*BRIEF*.
Check every line of the records below for the string "ensures", then report only how many lines have it.

..........

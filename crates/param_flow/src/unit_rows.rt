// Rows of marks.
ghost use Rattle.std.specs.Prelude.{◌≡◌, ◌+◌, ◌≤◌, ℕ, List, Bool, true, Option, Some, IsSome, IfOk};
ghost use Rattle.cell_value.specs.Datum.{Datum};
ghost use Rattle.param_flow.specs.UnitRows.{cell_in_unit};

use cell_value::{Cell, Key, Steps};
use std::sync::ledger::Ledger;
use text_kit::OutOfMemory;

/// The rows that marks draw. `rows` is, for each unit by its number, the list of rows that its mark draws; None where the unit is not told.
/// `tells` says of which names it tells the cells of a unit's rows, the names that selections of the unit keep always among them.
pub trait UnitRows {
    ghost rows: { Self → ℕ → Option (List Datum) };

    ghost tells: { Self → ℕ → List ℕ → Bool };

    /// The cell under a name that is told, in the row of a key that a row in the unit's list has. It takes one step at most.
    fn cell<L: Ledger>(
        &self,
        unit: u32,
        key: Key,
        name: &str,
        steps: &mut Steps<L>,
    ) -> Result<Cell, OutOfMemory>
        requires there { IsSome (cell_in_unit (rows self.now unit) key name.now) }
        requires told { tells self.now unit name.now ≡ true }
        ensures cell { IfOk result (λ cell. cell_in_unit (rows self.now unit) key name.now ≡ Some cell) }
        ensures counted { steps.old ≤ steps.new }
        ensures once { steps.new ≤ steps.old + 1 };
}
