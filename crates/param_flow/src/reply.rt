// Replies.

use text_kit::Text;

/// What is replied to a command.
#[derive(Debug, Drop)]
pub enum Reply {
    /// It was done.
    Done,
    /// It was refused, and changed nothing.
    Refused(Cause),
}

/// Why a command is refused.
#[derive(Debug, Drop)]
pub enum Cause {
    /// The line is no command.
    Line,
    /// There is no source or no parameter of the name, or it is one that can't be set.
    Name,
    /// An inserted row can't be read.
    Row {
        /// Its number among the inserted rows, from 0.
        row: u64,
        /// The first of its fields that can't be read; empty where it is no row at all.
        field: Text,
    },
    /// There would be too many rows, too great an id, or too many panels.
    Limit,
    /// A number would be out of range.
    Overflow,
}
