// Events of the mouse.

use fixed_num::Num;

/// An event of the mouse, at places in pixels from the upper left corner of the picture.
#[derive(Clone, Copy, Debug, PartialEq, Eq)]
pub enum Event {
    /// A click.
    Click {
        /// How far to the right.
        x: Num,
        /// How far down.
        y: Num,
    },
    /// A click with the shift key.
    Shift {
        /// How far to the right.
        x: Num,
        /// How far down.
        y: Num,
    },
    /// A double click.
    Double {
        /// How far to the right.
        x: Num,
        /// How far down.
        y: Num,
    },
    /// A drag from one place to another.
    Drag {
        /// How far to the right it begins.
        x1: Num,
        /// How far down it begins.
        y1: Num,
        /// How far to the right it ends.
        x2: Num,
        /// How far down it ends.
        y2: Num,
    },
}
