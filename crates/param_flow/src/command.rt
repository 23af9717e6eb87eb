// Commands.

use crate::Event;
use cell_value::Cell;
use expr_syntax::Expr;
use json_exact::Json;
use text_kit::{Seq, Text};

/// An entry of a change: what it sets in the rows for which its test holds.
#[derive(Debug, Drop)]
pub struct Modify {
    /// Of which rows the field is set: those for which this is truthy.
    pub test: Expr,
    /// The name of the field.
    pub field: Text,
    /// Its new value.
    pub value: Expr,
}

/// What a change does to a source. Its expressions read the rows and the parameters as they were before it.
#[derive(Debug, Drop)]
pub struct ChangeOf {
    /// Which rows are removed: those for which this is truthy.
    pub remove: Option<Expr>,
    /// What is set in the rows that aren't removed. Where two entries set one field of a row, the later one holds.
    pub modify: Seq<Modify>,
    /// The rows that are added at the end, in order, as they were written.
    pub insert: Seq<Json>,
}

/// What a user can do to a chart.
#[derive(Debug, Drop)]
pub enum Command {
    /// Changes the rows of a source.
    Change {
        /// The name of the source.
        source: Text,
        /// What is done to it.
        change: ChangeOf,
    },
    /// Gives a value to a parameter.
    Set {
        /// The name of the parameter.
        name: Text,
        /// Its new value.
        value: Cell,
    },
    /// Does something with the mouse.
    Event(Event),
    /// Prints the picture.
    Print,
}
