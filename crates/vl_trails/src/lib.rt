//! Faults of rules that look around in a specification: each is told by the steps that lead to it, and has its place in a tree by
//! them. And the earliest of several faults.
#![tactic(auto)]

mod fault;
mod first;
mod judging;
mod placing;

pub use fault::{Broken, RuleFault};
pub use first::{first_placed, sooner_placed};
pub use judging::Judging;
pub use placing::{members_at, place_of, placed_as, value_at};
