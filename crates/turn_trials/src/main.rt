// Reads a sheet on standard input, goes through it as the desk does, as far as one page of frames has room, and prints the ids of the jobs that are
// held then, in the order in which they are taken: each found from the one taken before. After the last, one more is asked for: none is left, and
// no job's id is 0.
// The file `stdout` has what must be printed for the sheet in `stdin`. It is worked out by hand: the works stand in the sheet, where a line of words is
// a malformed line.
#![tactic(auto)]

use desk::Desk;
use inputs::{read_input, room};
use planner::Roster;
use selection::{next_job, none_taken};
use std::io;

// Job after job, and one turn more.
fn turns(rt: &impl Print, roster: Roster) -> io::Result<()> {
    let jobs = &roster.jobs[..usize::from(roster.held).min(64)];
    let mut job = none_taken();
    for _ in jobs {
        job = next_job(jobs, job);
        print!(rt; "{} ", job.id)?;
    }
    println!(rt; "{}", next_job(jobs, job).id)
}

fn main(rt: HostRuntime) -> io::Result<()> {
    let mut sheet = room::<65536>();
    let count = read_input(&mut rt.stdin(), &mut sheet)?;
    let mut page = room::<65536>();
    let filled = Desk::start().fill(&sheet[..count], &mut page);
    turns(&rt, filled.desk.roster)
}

..........

*WRITTEN ANSWER*.
3